EL GOBIERNO APRIETA EL ACELERADOR TRAS EL TCL

Lepra anuncia detalles de instalación de grupos de negociación

El ministro de Industria y Energía Jorge Lepra le informó ayer a LA REPUBLICA que la próxima semana quedarán instalados los grupos de trabajo con participación de cuatro Ministerios: Economía y Finanzas, Relaciones Exteriores, Ganadería y Agricultura y el propio Ministerio de Industrias y Energía. Lepra informó que la semana pasada ya se realizó la primera reunión conjunta a nivel ministerial y actualmente se están completando los grupos y nominando sus integrantes. Fuentes gubernamentales informaron ayer a LA REPUBLICA que el borrador que circula a nivel ministerial contiene un diseño de organización de la negociación que prevé dos niveles vinculantes: un grupo de responsabilidad técnico política comandado por el ministro Jorge Lepra e integrado por Fernando Lorenzo, jefe de la coordinación técnica macroeconómica del Ministerio de Economía y Finanzas y el embajador uruguayo en EEUU, Carlos Gianelli. En otro nivel con amplias intersecciones los grupos técnicos interactuaran con representantes de la sociedad civil, empresarios, trabajadores y fuerzas vivas interesadas en el acuerdo. Efectivamente, tal cual había adelantado LA REPUBLICA (…) , el formato corriente de un acuerdo de Libre Comercio determina los temas y define las áreas de negociación con las cuales se corresponde la integración de los grupos a los cuales aludió Lepra.
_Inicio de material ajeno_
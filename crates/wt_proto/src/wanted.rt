//! How many bytes there have to be at least before what stands at the front can be decided.
ghost use Rattle.std.specs.Prelude.{◌≡◌, ◌≤◌, ◌<◌, ◌^◌, drop, length};
ghost use Rattle.wt_proto.specs.Wanted.{frame_wants, length_wants, payload_wants, uni_wants, varint_wants};
ghost use Rattle.wt_proto.specs.SessionReader.{capsule_length_wants, capsule_wants, header_length_wants, header_wants, value_wants};
ghost use Rattle.wt_wire.specs.Varint.{varint_at};

use crate::session_walk::{CLOSE_WEBTRANSPORT_SESSION, LONGEST_CLOSE, SHORTEST_CLOSE};
use wt_wire::varint::read_varint;

/// The longest payload of a frame that is given (this repository's rule; RFC 9114, section 7.1,
/// sets no bound).
pub(crate) const LONGEST_PAYLOAD: u64 = 4096;

/// Of a variable-length integer, by its first byte (RFC 9000, section 16).
fn varint_wanted(bytes: &[u8]) -> usize
    ensures value { result ≡ varint_wants bytes.now }
    ensures few { result ≤ 8 }
{
    if bytes.is_empty() {
        return 1;
    }
    match bytes[0] {
        0..=63 => 1,
        64..=127 => 2,
        128..=191 => 4,
        _ => 8,
    }
}

fn payload_wanted(kind: u64, header: usize, size: u64) -> usize
    requires { header ≤ 16 }
    ensures { result ≡ payload_wants kind header size }
{
    // An unknown type is decided by its header alone, and so is a payload that is too long.
    if (kind == 0x00 || kind == 0x01 || kind == 0x04) && size <= LONGEST_PAYLOAD {
        header + size as usize
    } else {
        header
    }
}

fn length_wanted(bytes: &[u8], kind: u64, offset: usize) -> usize
    requires within { offset ≤ length bytes.now }
    requires few { offset ≤ 8 }
    ensures { result ≡ length_wants bytes.now kind offset (varint_at (drop offset bytes.now)) }
{
    match read_varint(&bytes[offset..]) {
        None => offset + varint_wanted(&bytes[offset..]),
        Some((size, length)) => payload_wanted(kind, offset + length, size.into_inner()),
    }
}

/// Of a frame; where the id after a signal is read, of that too (RFC 9114, section 7.1).
#[tactic(auto, unfolding(crate::specs::Wanted::frame_wants))]
pub(crate) fn frame_wanted(bytes: &[u8], reads_id: bool) -> usize
    ensures { result ≡ frame_wants reads_id bytes.now }
{
    match read_varint(bytes) {
        None => varint_wanted(bytes),
        Some((kind, offset)) => {
            if kind.into_inner() != 0x41 {
                length_wanted(bytes, kind.into_inner(), offset)
            } else if reads_id {
                offset + varint_wanted(&bytes[offset..])
            } else {
                offset
            }
        }
    }
}

/// Of the header of a unidirectional stream (RFC 9114, section 6.2).
#[tactic(auto, unfolding(crate::specs::Wanted::uni_wants))]
pub(crate) fn uni_wanted(bytes: &[u8]) -> usize
    ensures { result ≡ uni_wants bytes.now }
{
    match read_varint(bytes) {
        None => varint_wanted(bytes),
        Some((kind, offset)) => {
            if kind.into_inner() == 0x54 {
                offset + varint_wanted(&bytes[offset..])
            } else {
                offset
            }
        }
    }
}

/// Of the header of a frame on a session's stream, after a type of `offset` bytes.
fn header_length_wanted(bytes: &[u8], offset: usize) -> usize
    requires within { offset ≤ length bytes.now }
    requires few { offset ≤ 8 }
    ensures { result ≡ header_length_wants bytes.now offset (varint_at (drop offset bytes.now)) }
{
    match read_varint(&bytes[offset..]) {
        None => offset + varint_wanted(&bytes[offset..]),
        Some((_, length)) => offset + length,
    }
}

/// Of the header of a frame on a session's stream, whose payload is another walk's (RFC 9114, section 7.1).
#[tactic(auto, unfolding(crate::specs::SessionReader::header_wants))]
pub(crate) fn header_wanted(bytes: &[u8]) -> usize
    ensures { result ≡ header_wants bytes.now }
{
    match read_varint(bytes) {
        None => varint_wanted(bytes),
        Some((kind, offset)) => {
            // The signal of a stream of a session has no length.
            if kind.into_inner() == 0x41 {
                offset
            } else {
                header_length_wanted(bytes, offset)
            }
        }
    }
}

/// Of a capsule with a header of so many bytes: its value, where it may close the session.
fn value_wanted(kind: u64, header: usize, size: u64) -> usize
    requires { header ≤ 16 }
    ensures { result ≡ value_wants kind header size }
{
    let may_close = SHORTEST_CLOSE <= size && size <= LONGEST_CLOSE;
    if kind == CLOSE_WEBTRANSPORT_SESSION && may_close {
        header + size as usize
    } else {
        header
    }
}

/// Of a capsule with a type of `offset` bytes.
fn capsule_length_wanted(bytes: &[u8], kind: u64, offset: usize) -> usize
    requires within { offset ≤ length bytes.now }
    requires few { offset ≤ 8 }
    ensures { result ≡ capsule_length_wants bytes.now kind offset (varint_at (drop offset bytes.now)) }
{
    match read_varint(&bytes[offset..]) {
        None => offset + varint_wanted(&bytes[offset..]),
        Some((size, length)) => value_wanted(kind, offset + length, size.into_inner()),
    }
}

/// Of a capsule (RFC 9297, section 3.2).
#[tactic(auto, unfolding(crate::specs::SessionReader::capsule_wants))]
pub(crate) fn capsule_wanted(bytes: &[u8]) -> usize
    ensures { result ≡ capsule_wants bytes.now }
{
    match read_varint(bytes) {
        None => varint_wanted(bytes),
        Some((kind, offset)) => capsule_length_wanted(bytes, kind.into_inner(), offset),
    }
}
La decisión se corresponde con la necesidad de utilizar el breve tiempo disponible que dispone Uruguay para negociar un acuerdo comercial que, probablemente, adoptará el formato similar al que tiene Chile, o el que actualmente intentan internalizar con ritmos y suerte diferente Guatemala, El Salvador, Honduras, Costa Rica y Nicaragua, grupo al cual se agregaría la República Dominicana. El mismo formato ha sido el utilizado en el Tratado cerrado en febrero pasado por Colombia, Perú y Ecuador. Estos tratados no presentan diferencias formales pero, todos, integran singularidades de todo tipo en el tratamiento comercial específico; este formato conforma una compleja urdimbre vinculante en rubros delicados como las que atañen al comercio específico: accesos de mercado, comercio de bienes y servicios, normas de origen, etcétera, con otros más «estructurales» vinculados al tratamiento de las inversiones, los regímenes de compras gubernamentales, armonización tributaria, regulación sanitaria y fitosanitaria, propiedad intelectual, regímenes de competencia, entre otros, incluyendo normas que regulan el tránsito y permanencia de personas. Estos tratados no afectan ni condicionan la política internacional de los países pero imponen obligaciones fuertes a la interna de países que desde realidades y aspiraciones diferentes deciden celebrar contratos de largo plazo para mejorar sus intercambios comerciales y propiciar la radicación de inversiones.

 

Una sola posibilidad

En estos días han venido explicándose las características de ese «acuerdo comercial» que el país ha decidido negociar formalmente. Estados Unidos, embarcado en una expansión de su apertura comercial como jamás imaginó en su historia tiene impedimentos jurídicos que le impiden firmar acuerdos comerciales sustentables en el tiempo, sin que estos estén encuadrados en formatos legales con intervención fuerte del Congreso en una delicada representación entre el interés ciudadano y los fuertes intereses corporativos. No hay acuerdos de «última generación» que permitan atajos o contratos pasibles de ser revocables sin la fortaleza de una norma legal, en tanto, ese el formato que ha aceptado Uruguay. Ayer, un negociador especializado en comercio exterior que participara en el frustrado intento de iniciar un acuerdo similar en el primer año de la presidencia de Batlle, le confiaba a LA REPUBLICA: «No hay otro formato y ahora depende de la capacidad y la amplitud del gobierno que, efectivamente esa oportunidad sea utilizada para que Uruguay firme un acuerdo que no pudimos implementar con Batlle y que no sea un mero tratado de adhesión. Es una gran oportunidad, inimaginable para mi  finalizaba el profesional- y ojalá la aprovechen».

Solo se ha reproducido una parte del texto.